The answer must be every line below that holds the word "Times".

=-=-=

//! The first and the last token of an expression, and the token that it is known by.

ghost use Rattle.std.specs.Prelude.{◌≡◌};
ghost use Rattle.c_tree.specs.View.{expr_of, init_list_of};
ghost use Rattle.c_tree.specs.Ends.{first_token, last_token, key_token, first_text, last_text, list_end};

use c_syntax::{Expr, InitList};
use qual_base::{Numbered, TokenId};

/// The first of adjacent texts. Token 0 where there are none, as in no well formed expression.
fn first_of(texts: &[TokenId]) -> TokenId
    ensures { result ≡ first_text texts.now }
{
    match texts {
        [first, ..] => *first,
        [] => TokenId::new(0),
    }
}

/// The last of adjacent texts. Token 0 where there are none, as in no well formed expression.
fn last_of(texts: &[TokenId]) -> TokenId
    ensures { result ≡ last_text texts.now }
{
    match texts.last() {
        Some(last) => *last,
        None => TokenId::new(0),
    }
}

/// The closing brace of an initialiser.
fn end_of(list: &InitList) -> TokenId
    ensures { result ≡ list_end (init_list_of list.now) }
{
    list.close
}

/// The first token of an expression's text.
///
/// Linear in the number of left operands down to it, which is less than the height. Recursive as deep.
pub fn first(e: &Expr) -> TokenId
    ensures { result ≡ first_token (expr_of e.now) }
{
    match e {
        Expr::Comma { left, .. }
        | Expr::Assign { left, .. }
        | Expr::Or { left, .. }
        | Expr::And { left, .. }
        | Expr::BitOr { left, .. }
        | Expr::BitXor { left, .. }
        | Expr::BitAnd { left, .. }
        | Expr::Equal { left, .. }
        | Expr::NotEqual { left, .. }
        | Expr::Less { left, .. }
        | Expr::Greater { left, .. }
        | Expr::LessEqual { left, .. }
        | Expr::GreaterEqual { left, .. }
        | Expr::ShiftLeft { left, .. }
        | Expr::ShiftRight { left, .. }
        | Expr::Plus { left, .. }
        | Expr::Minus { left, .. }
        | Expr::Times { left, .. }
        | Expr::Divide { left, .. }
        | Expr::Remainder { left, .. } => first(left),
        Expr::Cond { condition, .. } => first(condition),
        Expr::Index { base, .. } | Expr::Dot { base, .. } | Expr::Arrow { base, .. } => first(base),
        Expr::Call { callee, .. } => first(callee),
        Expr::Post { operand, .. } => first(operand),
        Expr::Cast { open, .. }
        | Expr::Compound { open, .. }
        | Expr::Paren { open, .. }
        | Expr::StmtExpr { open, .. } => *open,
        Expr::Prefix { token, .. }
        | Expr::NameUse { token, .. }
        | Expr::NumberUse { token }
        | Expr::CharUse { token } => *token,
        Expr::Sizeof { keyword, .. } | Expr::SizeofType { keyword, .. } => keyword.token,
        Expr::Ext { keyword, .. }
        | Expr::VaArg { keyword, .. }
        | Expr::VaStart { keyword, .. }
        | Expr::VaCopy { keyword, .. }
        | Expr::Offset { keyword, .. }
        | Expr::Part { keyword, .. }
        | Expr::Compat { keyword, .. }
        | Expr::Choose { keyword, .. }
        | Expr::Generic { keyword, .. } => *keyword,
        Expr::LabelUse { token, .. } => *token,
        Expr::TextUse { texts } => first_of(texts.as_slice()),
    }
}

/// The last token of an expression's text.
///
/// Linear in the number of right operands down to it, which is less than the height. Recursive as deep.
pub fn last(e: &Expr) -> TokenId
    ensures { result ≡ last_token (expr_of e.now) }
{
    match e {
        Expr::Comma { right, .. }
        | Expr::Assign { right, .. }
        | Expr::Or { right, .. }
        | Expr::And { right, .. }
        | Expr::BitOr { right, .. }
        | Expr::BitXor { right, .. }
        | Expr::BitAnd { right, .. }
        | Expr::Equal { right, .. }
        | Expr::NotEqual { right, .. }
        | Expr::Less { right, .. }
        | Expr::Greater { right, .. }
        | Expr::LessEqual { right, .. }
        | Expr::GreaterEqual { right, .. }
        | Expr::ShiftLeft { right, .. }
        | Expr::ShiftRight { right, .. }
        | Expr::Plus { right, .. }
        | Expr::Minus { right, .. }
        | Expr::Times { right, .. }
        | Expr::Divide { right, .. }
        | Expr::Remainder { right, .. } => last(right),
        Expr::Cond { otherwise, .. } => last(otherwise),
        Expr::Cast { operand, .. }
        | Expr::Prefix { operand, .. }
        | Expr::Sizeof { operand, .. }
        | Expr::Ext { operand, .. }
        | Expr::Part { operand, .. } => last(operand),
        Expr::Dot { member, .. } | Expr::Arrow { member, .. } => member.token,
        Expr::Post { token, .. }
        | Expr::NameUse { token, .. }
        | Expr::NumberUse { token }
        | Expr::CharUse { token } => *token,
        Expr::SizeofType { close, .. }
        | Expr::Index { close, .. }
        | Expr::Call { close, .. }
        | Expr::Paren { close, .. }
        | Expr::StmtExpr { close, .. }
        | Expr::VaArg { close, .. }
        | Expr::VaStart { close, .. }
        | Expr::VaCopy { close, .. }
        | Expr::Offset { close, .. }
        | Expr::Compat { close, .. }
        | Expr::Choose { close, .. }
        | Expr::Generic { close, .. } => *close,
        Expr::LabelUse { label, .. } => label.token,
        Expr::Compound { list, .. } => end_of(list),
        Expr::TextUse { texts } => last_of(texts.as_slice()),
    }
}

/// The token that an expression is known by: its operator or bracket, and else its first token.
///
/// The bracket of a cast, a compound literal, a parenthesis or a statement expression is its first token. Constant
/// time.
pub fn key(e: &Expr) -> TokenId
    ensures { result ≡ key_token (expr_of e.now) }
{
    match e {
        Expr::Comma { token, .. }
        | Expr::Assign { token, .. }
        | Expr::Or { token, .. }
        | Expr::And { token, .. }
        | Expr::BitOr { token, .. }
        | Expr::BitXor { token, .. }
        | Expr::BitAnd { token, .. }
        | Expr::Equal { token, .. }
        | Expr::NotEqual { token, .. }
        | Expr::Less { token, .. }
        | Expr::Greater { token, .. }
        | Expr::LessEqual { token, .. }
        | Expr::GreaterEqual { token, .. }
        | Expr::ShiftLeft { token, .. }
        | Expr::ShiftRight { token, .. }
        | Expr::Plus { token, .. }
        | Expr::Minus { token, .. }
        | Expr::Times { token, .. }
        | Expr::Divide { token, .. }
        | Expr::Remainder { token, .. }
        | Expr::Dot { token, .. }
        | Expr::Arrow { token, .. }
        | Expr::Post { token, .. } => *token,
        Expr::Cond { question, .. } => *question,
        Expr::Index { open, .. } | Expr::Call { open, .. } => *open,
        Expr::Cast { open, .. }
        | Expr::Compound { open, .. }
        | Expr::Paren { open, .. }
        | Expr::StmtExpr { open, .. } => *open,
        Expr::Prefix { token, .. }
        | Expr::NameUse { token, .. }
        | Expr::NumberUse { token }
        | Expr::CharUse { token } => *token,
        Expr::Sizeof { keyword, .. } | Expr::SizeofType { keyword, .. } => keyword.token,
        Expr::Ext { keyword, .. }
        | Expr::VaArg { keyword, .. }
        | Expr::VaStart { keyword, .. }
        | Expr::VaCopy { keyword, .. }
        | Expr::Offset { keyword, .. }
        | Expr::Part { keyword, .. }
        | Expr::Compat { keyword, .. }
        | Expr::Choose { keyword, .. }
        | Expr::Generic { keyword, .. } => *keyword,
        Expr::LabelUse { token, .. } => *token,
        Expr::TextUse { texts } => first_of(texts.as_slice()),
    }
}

=-=-=

§ **ANSWER BELOW**:
        | Expr::Times { left, .. }
        | Expr::Times { right, .. }
        | Expr::Times { token, .. }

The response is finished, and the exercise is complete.